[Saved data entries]
********

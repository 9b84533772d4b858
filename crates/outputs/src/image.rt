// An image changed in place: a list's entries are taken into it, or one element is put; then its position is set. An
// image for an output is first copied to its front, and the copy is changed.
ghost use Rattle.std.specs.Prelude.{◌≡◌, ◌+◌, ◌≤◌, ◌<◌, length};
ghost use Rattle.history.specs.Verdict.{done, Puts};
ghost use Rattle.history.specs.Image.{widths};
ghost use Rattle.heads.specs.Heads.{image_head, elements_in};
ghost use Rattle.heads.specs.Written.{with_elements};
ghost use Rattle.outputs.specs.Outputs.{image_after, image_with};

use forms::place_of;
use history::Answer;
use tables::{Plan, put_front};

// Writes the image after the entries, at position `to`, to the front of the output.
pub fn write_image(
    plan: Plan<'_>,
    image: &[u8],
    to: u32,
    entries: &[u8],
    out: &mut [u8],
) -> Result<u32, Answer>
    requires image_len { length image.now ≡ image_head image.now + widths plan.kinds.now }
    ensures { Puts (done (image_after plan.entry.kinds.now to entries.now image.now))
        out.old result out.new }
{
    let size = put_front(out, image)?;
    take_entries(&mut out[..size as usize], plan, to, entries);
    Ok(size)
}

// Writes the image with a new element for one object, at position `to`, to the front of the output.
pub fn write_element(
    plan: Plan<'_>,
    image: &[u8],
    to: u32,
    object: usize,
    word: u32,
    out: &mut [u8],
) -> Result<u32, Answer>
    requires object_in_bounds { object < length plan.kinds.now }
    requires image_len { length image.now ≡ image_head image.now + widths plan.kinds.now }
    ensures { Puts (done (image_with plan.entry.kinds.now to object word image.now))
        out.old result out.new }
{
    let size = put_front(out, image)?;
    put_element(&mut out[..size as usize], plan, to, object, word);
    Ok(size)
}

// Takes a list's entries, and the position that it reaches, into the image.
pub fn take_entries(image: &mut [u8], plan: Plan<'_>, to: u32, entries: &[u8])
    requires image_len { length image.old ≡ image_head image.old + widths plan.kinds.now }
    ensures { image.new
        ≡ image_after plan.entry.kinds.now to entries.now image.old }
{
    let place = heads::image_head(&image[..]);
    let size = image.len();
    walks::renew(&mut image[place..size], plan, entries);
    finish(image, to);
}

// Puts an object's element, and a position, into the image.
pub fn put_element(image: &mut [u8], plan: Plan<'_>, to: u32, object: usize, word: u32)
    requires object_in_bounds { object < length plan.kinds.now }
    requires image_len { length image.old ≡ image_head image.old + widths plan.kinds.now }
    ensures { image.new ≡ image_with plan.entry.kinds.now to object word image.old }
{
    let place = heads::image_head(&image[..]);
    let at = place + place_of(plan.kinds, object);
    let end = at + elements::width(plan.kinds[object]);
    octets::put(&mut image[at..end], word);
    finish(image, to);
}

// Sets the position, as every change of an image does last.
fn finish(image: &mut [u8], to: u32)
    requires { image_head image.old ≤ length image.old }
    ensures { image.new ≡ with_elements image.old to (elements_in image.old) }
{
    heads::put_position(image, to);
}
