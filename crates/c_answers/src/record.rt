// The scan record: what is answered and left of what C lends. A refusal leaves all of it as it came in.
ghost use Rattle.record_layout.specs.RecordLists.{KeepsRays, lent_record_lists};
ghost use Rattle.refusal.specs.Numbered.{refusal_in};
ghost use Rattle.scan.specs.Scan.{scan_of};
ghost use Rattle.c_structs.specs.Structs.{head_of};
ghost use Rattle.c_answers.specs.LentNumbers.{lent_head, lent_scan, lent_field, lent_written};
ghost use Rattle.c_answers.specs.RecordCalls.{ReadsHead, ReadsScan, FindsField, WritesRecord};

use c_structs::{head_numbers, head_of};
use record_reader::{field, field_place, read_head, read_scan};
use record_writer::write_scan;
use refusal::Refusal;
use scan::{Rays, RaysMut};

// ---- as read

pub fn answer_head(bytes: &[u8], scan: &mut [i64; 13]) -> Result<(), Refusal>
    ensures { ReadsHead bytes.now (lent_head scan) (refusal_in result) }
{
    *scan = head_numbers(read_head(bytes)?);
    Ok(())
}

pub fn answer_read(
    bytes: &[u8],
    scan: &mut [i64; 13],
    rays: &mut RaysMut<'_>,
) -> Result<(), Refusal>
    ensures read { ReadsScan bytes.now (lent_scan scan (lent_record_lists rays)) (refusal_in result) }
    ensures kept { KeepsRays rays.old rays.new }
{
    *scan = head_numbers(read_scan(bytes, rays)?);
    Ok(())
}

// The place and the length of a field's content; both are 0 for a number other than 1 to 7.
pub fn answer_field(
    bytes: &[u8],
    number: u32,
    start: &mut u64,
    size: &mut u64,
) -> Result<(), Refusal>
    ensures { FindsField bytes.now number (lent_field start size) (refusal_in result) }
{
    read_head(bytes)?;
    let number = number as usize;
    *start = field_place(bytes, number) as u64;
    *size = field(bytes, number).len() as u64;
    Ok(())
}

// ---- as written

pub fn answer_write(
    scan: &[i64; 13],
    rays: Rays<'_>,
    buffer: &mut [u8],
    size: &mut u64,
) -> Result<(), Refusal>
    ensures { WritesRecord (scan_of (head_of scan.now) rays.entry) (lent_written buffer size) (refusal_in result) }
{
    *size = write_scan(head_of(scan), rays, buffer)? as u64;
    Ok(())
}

********

## Work instructions
All of the records need to be returned exactly as they are.

## Result
repository 9b84533772d4b858
filename crates/outputs/src/image.rt
// An image changed in place: a list's entries are taken into it, or one element is put; then its position is set. An
// image for an output is first copied to its front, and the copy is changed.
ghost use Rattle.std.specs.Prelude.{◌≡◌, ◌+◌, ◌≤◌, ◌<◌, length};
ghost use Rattle.history.specs.Verdict.{done, Puts};
ghost use Rattle.history.specs.Image.{widths};
ghost use Rattle.heads.specs.Heads.{image_head, elements_in};
ghost use Rattle.heads.specs.Written.{with_elements};
ghost use Rattle.outputs.specs.Outputs.{image_after, image_with};

use forms::place_of;
use history::Answer;
use tables::{Plan, put_front};

// Writes the image after the entries, at position `to`, to the front of the output.
pub fn write_image(
    plan: Plan<'_>,
    image: &[u8],
    to: u32,
    entries: &[u8],
    out: &mut [u8],
) -> Result<u32, Answer>
    requires image_len { length image.now ≡ image_head image.now + widths plan.kinds.now }
    ensures { Puts (done (image_after plan.entry.kinds.now to entries.now image.now))
        out.old result out.new }
{
    let size = put_front(out, image)?;
    take_entries(&mut out[..size as usize], plan, to, entries);
    Ok(size)
}

// Writes the image with a new element for one object, at position `to`, to the front of the output.
pub fn write_element(
    plan: Plan<'_>,
    image: &[u8],
    to: u32,
    object: usize,
    word: u32,
    out: &mut [u8],
) -> Result<u32, Answer>
    requires object_in_bounds { object < length plan.kinds.now }
    requires image_len { length image.now ≡ image_head image.now + widths plan.kinds.now }
    ensures { Puts (done (image_with plan.entry.kinds.now to object word image.now))
        out.old result out.new }
{
    let size = put_front(out, image)?;
    put_element(&mut out[..size as usize], plan, to, object, word);
    Ok(size)
}

// Takes a list's entries, and the position that it reaches, into the image.
pub fn take_entries(image: &mut [u8], plan: Plan<'_>, to: u32, entries: &[u8])
    requires image_len { length image.old ≡ image_head image.old + widths plan.kinds.now }
    ensures { image.new
        ≡ image_after plan.entry.kinds.now to entries.now image.old }
{
    let place = heads::image_head(&image[..]);
    let size = image.len();
    walks::renew(&mut image[place..size], plan, entries);
    finish(image, to);
}

// Puts an object's element, and a position, into the image.
pub fn put_element(image: &mut [u8], plan: Plan<'_>, to: u32, object: usize, word: u32)
    requires object_in_bounds { object < length plan.kinds.now }
    requires image_len { length image.old ≡ image_head image.old + widths plan.kinds.now }
    ensures { image.new ≡ image_with plan.entry.kinds.now to object word image.old }
{
    let place = heads::image_head(&image[..]);
    let at = place + place_of(plan.kinds, object);
    let end = at + elements::width(plan.kinds[object]);
    octets::put(&mut image[at..end], word);
    finish(image, to);
}

// Sets the position, as every change of an image does last.
fn finish(image: &mut [u8], to: u32)
    requires { image_head image.old ≤ length image.old }
    ensures { image.new ≡ with_elements image.old to (elements_in image.old) }
{
    heads::put_position(image, to);
}
filename crates/c_answers/src/record.rt
// The scan record: what is answered and left of what C lends. A refusal leaves all of it as it came in.
ghost use Rattle.record_layout.specs.RecordLists.{KeepsRays, lent_record_lists};
ghost use Rattle.refusal.specs.Numbered.{refusal_in};
ghost use Rattle.scan.specs.Scan.{scan_of};
ghost use Rattle.c_structs.specs.Structs.{head_of};
ghost use Rattle.c_answers.specs.LentNumbers.{lent_head, lent_scan, lent_field, lent_written};
ghost use Rattle.c_answers.specs.RecordCalls.{ReadsHead, ReadsScan, FindsField, WritesRecord};

use c_structs::{head_numbers, head_of};
use record_reader::{field, field_place, read_head, read_scan};
use record_writer::write_scan;
use refusal::Refusal;
use scan::{Rays, RaysMut};

// ---- as read

pub fn answer_head(bytes: &[u8], scan: &mut [i64; 13]) -> Result<(), Refusal>
    ensures { ReadsHead bytes.now (lent_head scan) (refusal_in result) }
{
    *scan = head_numbers(read_head(bytes)?);
    Ok(())
}

pub fn answer_read(
    bytes: &[u8],
    scan: &mut [i64; 13],
    rays: &mut RaysMut<'_>,
) -> Result<(), Refusal>
    ensures read { ReadsScan bytes.now (lent_scan scan (lent_record_lists rays)) (refusal_in result) }
    ensures kept { KeepsRays rays.old rays.new }
{
    *scan = head_numbers(read_scan(bytes, rays)?);
    Ok(())
}

// The place and the length of a field's content; both are 0 for a number other than 1 to 7.
pub fn answer_field(
    bytes: &[u8],
    number: u32,
    start: &mut u64,
    size: &mut u64,
) -> Result<(), Refusal>
    ensures { FindsField bytes.now number (lent_field start size) (refusal_in result) }
{
    read_head(bytes)?;
    let number = number as usize;
    *start = field_place(bytes, number) as u64;
    *size = field(bytes, number).len() as u64;
    Ok(())
}

// ---- as written

pub fn answer_write(
    scan: &[i64; 13],
    rays: Rays<'_>,
    buffer: &mut [u8],
    size: &mut u64,
) -> Result<(), Refusal>
    ensures { WritesRecord (scan_of (head_of scan.now) rays.entry) (lent_written buffer size) (refusal_in result) }
{
    *size = write_scan(head_of(scan), rays, buffer)? as u64;
    Ok(())
}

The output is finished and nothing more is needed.